David Hammons’s Concerto in Black and Blue of 2002 becomes the emblem and the template for English’s explorations of the “representational space of blackness.” This is a site‐specific work that consisted of three rooms of a gallery, unilluminated: “a cavernous darkness punch‐lit by dim cones of light [devices viewers could collect at entry], which partnered with footsteps and whispering to register the presence of other visitors … a situation from which one could not be fully separate without exiting it altogether … this space produced a dense, inscrutable social space.” As this work’s title and staging generate meanings inflected (illuminated?) by the viewer’s knowledge of the artist’s blackness and of his history, the work’s “blackness” is “falling outside and between bodies and peoples and cultures” (English 2007, 1–2).
“Concerto,” English continues, “can be seen to stage the contradictory and contested processes whereby racial blackness is conceptualized and represented, and diverse subject positions are assigned, felt, embraced, or contested in relation to it” (3). He goes on to reference a certain “viewer complicity” that produces a viewpoint on “black art” “often grounded outside of the work of art itself and beyond the profound intentions of an artist” (3). A supplementary and imposing work of enframing by identity impresses this work with assumptions, expectations, and anticipations, all attached to the spectator’s “knowledge” of the signifier of the artist’s blackness. In this process, identity becomes an awkward, ill‐fitting frame that violently shapes, cuts, and limits the space of representations—and subjects—in the visual field, always foreclosing something, always difficult to inhabit, or even to occupy. Destabilized, mixed, this racialized space is precarious—but not gone.
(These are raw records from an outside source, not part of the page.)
//! Growing by other lists, by clones, by iterators and by closures.
ghost use Rattle.std.specs.Prelude.{IsTrue, ◌≡◌, ◌+◌, ◌≤◌, ◌++◌, ℕ, All, length, take, slice_range, IsOk, OnOk, OnErr};
ghost use Rattle.std.specs.Prelude.{◌⊎◌, ◌<◌, [], ◌-◌, ◌*◌, ◌↔◌, ◌∷◌, List, Some, MatchResult, IfOk, IfErr};
ghost use Rattle.std.specs.Prelude.{vec_capacity, replicate};
ghost use Rattle.std.specs.List.{AppendsResults};
ghost use Rattle.tinyvec_slots.specs.Clones.{AppendsAllOrNone};
ghost use Rattle.tinyvec.specs.TinyVec.{view};
ghost use Rattle.tinyvec.specs.View.{StaysInPlace, Becomes, BecomesIn, Reserved, place_for};
ghost use Rattle.tinyvec.specs.Refused.{RefusedFor, ClonesBehind, ClonesInRoom, ClonesRefused};
ghost use Rattle.tinyvec.specs.Room.{GrowsByPushes, IsCollected};
ghost use Rattle.tinyvec_slots.specs.Slots.{AreDefaults};
ghost use Rattle.std.specs.Iterator.{IsFinite, Drains, YieldsThen, size};
ghost use Rattle.tinyvec_slots.specs.Ranges.{IsRangeOf, items_within};
ghost use Rattle.tinyvec_slots.specs.Filling.{ShowsItems, IntoIterYields, AppendsResultsTo};
ghost use Rattle.tinyvec.specs.Following.{FillsRoom, PushesItems};

use crate::TinyVec;
use crate::tuned::{push_clones, push_clones_within, push_copies};
use std::alloc::{AllocError, Global};
use std::iter::ExactSizeIterator;
use std::mem;
use std::ops::RangeBounds;
use tinyvec_array::Array;
use tinyvec_slots::authors::{
    put_answers, put_clones_of, put_iter, put_taken, resolve_range, take_all,
};
use tinyvec_slots::{FromIterRest, NoMemory, NoRoom};
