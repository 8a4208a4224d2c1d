//! Items that are pushed, popped, inserted, removed and cut off.
ghost use Rattle.std.specs.Prelude.{◌≡◌, ◌+◌, ◌-◌, ◌<◌, ◌↔◌, [], ◌∷◌, ◌++◌, length, take, drop, slice_get};
ghost use Rattle.std.specs.Prelude.{slice_index_or, IsSome, IfNone, IfSome, ◌≤◌, remove, insert};
ghost use Rattle.tinyvec_array.specs.ArrayVec.{slots_of, SameLender};
ghost use Rattle.tinyvec_array.specs.View.{view, Becomes, NothingVacated};
ghost use Rattle.tinyvec_slots.specs.Ranges.{Within};
ghost use Rattle.std.specs.Borrow.{sem};
ghost use Rattle.std.specs.List.{swap_remove, SwappedAt};

use crate::parts::{part_of, slot_of};
use crate::tuned::indexing::prefers_shifting_in;
use crate::tuned::resetting::fill_default;
use crate::tuned::shifting::insert_within;
use crate::{ArrayVec, Slots};
use std::mem;
use tinyvec_slots::authors::{remove_shifting, replace_within};

// What puts items in needs no default.
impl<S: Slots> ArrayVec<S> {
    /// Appends `value`.
    pub fn push(&mut self, value: S::Item)
        requires { 0 < length (view S.Slots self.old).spare }
        ensures { Becomes NothingVacated (view S.Slots self.old) (view S.Slots self.new)
            ((view S.Slots self.old).items ++ value ∷ []) }
    {
        let len = self.len();
        self.slots.as_slice_mut()[len] = value;
        self.len = self.slots.to_len(len + 1);
    }

    /// Appends `value`, or returns it if the vector is full.
    pub fn try_push(&mut self, value: S::Item) -> Option<S::Item>
        ensures variant { IsSome result ↔ (length (view S.Slots self.old).spare ≡ 0) }
        ensures refused { IfSome result (λ y. (y ≡ value) × (self.new ≡ self.old)) }
        ensures becomes { IfNone result (Becomes NothingVacated (view S.Slots self.old) (view S.Slots self.new)
            ((view S.Slots self.old).items ++ value ∷ [])) }
    {
        if self.is_full() {
            return Some(value);
        }
        self.push(value);
        None
    }

    ghost use Rattle.tinyvec_array.specs.Lends.{lends_pushed};

    /// Appends `value`, and returns it for writing.
    pub fn push_mut(&mut self, value: S::Item) -> &mut S::Item
        requires { 0 < length (view S.Slots self.old).spare }
        ensures* writes_back { sem 𝓛 (lends_pushed S.row S.Len.row S.Item.row S.Slots self.entry result) }
        ensures value { result.now ≡ value }
    {
        let len = self.len();
        self.len = self.slots.to_len(len + 1);
        let slot = slot_of(&mut self.slots, len);
        *slot = value;
        slot
    }

    /// Inserts `element` at `index`, and moves the later items up.
    pub fn insert(&mut self, index: usize, element: S::Item)
        requires in_list { index ≤ length (view S.Slots self.old).items }
        requires room { 0 < length (view S.Slots self.old).spare }
        ensures { Becomes NothingVacated (view S.Slots self.old) (view S.Slots self.new)
            (insert (view S.Slots self.old).items index element) }
    {
        self.put_in(index, element);
    }

    /// Inserts `element` at `index`, or returns it if the vector is full.
    pub fn try_insert(&mut self, index: usize, element: S::Item) -> Option<S::Item>
        requires { index ≤ length (view S.Slots self.old).items }
        ensures variant { IsSome result ↔ (length (view S.Slots self.old).spare ≡ 0) }
        ensures refused { IfSome result (λ y. (y ≡ element) × (self.new ≡ self.old)) }
        ensures becomes { IfNone result (Becomes NothingVacated (view S.Slots self.old) (view S.Slots self.new)
            (insert (view S.Slots self.old).items index element)) }
    {
        if self.is_full() {
            return Some(element);
        }
        self.insert(index, element);
        None
    }

    ghost use Rattle.tinyvec_array.specs.Lends.{lends_inserted, inserted_at};

    /// Inserts `element` at `index`, moves the later items up, and returns the new item for writing.
    pub fn insert_mut(&mut self, index: usize, element: S::Item) -> &mut S::Item
        requires in_list { index ≤ length (view S.Slots self.old).items }
        requires room { 0 < length (view S.Slots self.old).spare }
        ensures* writes_back { sem 𝓛 (lends_inserted S.row S.Len.row S.Item.row S.Slots self.entry index result) }
        ensures value { result.now ≡ element }
    {
        self.put_in(index, element);
        slot_of(&mut self.slots, index)
    }

    // Inserts `element` at `index`, by one write of the slots.
    fn put_in(&mut self, index: usize, element: S::Item)
        requires in_list { index ≤ length (view S.Slots self.old).items }
        requires room { 0 < length (view S.Slots self.old).spare }
        ensures value { self.new ≡ inserted_at S.Slots self.old index element }
        ensures slot_count { S.Slots.Counts (slots_of S.Slots self.old) }
    {
        let len = self.len();
        let are_few = prefers_shifting_in(&self.slots, index, len);
        self.len = self.slots.to_len(len + 1);
        insert_within(self.slots.as_slice_mut(), index, len, element, are_few);
    }

    // Swaps the items at `i` and `j`.
    fn swap_items(&mut self, i: usize, j: usize)
        requires first { i < length (view S.Slots self.old).items }
        requires second { j < length (view S.Slots self.old).items }
        ensures lender { SameLender S.Slots self.old self.new }
        ensures swapped { SwappedAt (view S.Slots self.old).items (view S.Slots self.new).items i j }
        ensures len { length (view S.Slots self.new).items ≡ length (view S.Slots self.old).items }
        ensures spare { (view S.Slots self.new).spare ≡ (view S.Slots self.old).spare }
    {
        self.as_mut_slice().swap(i, j);
    }
}

// What takes items out leaves defaults in their slots.
impl<S: Slots> ArrayVec<S>
where
    S::Item: Default,
{
    /// Removes the last item and returns it. Its slot is reset to a default.
    pub fn pop(&mut self) -> Option<S::Item>
        ensures variant { IsSome result ↔ (0 < length (view S.Slots self.old).items) }
        ensures becomes { Becomes S.Item.is_default (view S.Slots self.old) (view S.Slots self.new)
            (take (length (view S.Slots self.old).items - 1) (view S.Slots self.old).items) }
        ensures some { IfSome result (λ x. (view S.Slots self.old).items ≡ (view S.Slots self.new).items ++ x ∷ []) }
        ensures value { result ≡ slice_get (view S.Slots self.old).items (length (view S.Slots self.old).items - 1) }
        ensures none { IfNone result (self.new ≡ self.old) }
    {
        let len = self.len();
        if len == 0 {
            return None;
        }
        // In a lent slice an index takes an instruction less, in an array `last_mut`. `pop_all` 64: 489 > 310.
        if self.slots.most() == usize::MAX {
            return Some(self.take_last());
        }
        let Some(last) = part_of(&mut self.slots, 0, len).last_mut() else {
            unreachable!();
        };
        let item = mem::take(last);
        self.len = self.slots.to_len(len - 1);
        Some(item)
    }

    // Takes the last item.
    pub(crate) fn take_last(&mut self) -> S::Item
        requires { 0 < length (view S.Slots self.old).items }
        ensures becomes { Becomes S.Item.is_default (view S.Slots self.old) (view S.Slots self.new)
            (take (length (view S.Slots self.old).items - 1) (view S.Slots self.old).items) }
        ensures last { (view S.Slots self.old).items ≡ (view S.Slots self.new).items ++ result ∷ [] }
        ensures value { result ≡ slice_index_or (view S.Slots self.old).items (length (view S.Slots self.old).items - 1) result }
    {
        let len = self.len();
        let item = mem::take(&mut self.slots.as_slice_mut()[len - 1]);
        self.len = self.slots.to_len(len - 1);
        item
    }

    /// Removes the item at `index` and returns it. The later ones move down.
    pub fn remove(&mut self, index: usize) -> S::Item
        requires { index < length (view S.Slots self.old).items }
        ensures value { result ≡ slice_index_or (view S.Slots self.old).items index result }
        ensures becomes { Becomes S.Item.is_default (view S.Slots self.old) (view S.Slots self.new)
            (remove (view S.Slots self.old).items index) }
    {
        let len = self.len();
        if prefers_shifting_in(&self.slots, index, len) {
            let item = remove_shifting(self.slots.as_slice_mut(), index, len);
            self.len = self.slots.to_len(len - 1);
            return item;
        }
        self.move_to_end(index, index + 1);
        self.take_last()
    }

    /// Removes the item at `index` and returns it, or returns `None` if the list has no such item. The later ones move
    /// down.
    pub fn pop_at(&mut self, index: usize) -> Option<S::Item>
        ensures variant { IsSome result ↔ (index < length (view S.Slots self.old).items) }
        ensures value { result ≡ slice_get (view S.Slots self.old).items index }
        ensures becomes { Becomes S.Item.is_default (view S.Slots self.old) (view S.Slots self.new)
            (remove (view S.Slots self.old).items index) }
        ensures none { IfNone result (self.new ≡ self.old) }
    {
        if index >= self.len() {
            return None;
        }
        Some(self.remove(index))
    }

    /// Removes the item at `index` and returns it. The last one takes its place.
    pub fn swap_remove(&mut self, index: usize) -> S::Item
        requires { index < length (view S.Slots self.old).items }
        ensures value { result ≡ slice_index_or (view S.Slots self.old).items index result }
        ensures becomes { Becomes S.Item.is_default (view S.Slots self.old) (view S.Slots self.new)
            (swap_remove (view S.Slots self.old).items index result) }
    {
        let last = self.len() - 1;
        self.swap_items(index, last);
        self.take_last()
    }

    /// Keeps the first `new_len` items, or all if there are no more. Each vacated slot is reset to a default.
    pub fn truncate(&mut self, new_len: usize)
        ensures { Becomes S.Item.is_default (view S.Slots self.old) (view S.Slots self.new)
            (take new_len (view S.Slots self.old).items) }
    {
        if new_len < self.len() {
            self.cut_to(new_len);
        }
    }

    // Keeps the first `new_len` items, and resets the slots of the others.
    #[inline(always)]
    fn cut_to(&mut self, new_len: usize)
        requires { new_len ≤ length (view S.Slots self.old).items }
        ensures { Becomes S.Item.is_default (view S.Slots self.old) (view S.Slots self.new)
            (take new_len (view S.Slots self.old).items) }
    {
        let len = self.len();
        let most = self.slots.most();
        fill_default(self.slots.as_slice_mut(), new_len, len, most);
        self.len = self.slots.to_len(new_len);
    }

    /// Empties the list. Each vacated slot is reset to a default.
    pub fn clear(&mut self)
        ensures { Becomes S.Item.is_default (view S.Slots self.old) (view S.Slots self.new) [] }
    {
        self.cut_to(0);
    }

    // `replace_range` of a list that has room.
    #[inline(always)]
    pub(crate) fn replace_fitting(&mut self, start: usize, end: usize, new: &[S::Item])
    where
        S::Item: Copy,
        requires in_list { Within start end (length (view S.Slots self.old).items) }
        requires room { length (view S.Slots self.old).items - (end - start) + length new.now ≤ length (slots_of S.Slots self.old) }
        ensures { Becomes S.Item.is_default (view S.Slots self.old) (view S.Slots self.new)
            (take start (view S.Slots self.old).items ++ new.now ++ drop end (view S.Slots self.old).items) }
    {
        let len = self.len();
        let new_len = len - (end - start) + new.len();
        let most = self.slots.most();
        replace_within(self.slots.as_slice_mut(), start, end, len, new, most);
        if new_len < len {
            self.truncate(new_len);
            return;
        }
        self.len = self.slots.to_len(new_len);
    }
}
The problem that How to See a Work of Art in Total Darkness inscribes in its elegant analysis remains that “blackness,” like “black art,” refuses to stay within boundaries. Does it come from inside or from outside? And who gets to decide this, to name it, to see it? Although many of us in visual studies can agree that race is a fiction and gender a performance dependent on fictions—we “know very well, but nonetheless”—race and gender remain stubbornly material in their effects. Everything goes on “as if.” And it is this “as if” that matters, that forms the matter of the matter of things that both are and are not material, of objects that we must continually reframe because they are both fugitive and stubbornly durable, both elusive and intractable. Problems of representation and its politics are doggedly moving targets; they resist our efforts at stable framing, and yet, in their stickiness, they cling materially to a fictional ground that never quite fully anchors them.
Returning where I started: in a late chapter of Death at 24× titled “Delaying Cinema,” Laura Mulvey revisits the overlay of spectrality she finds in digitized film. As digital technology permits us to arrest the movement of film, to fragment the original object, it also allows us to restore the traces of the celluloid medium’s indexicality, its archival functions as a document of its moment. Mulvey offers us a reading of Imitation of Life that she contends is possible only through digital technology, precisely because it lets us see what would have passed too quickly at 24×. “Of course,” she writes, “to still ‘a frozen moment’ on celluloid, on an editing table, is to redouble the effect and to trigger immediately a reflection on the cinema’s essential duality, its tension between movement and stillness.” She’ll call this effect “the ghostly presence of the still strip of film on which the illusion of movement depends” (Mulvey 2006, 155). Thus this technology restores a spectral trace, which is there but not visible: Benjamin’s “optical unconscious.”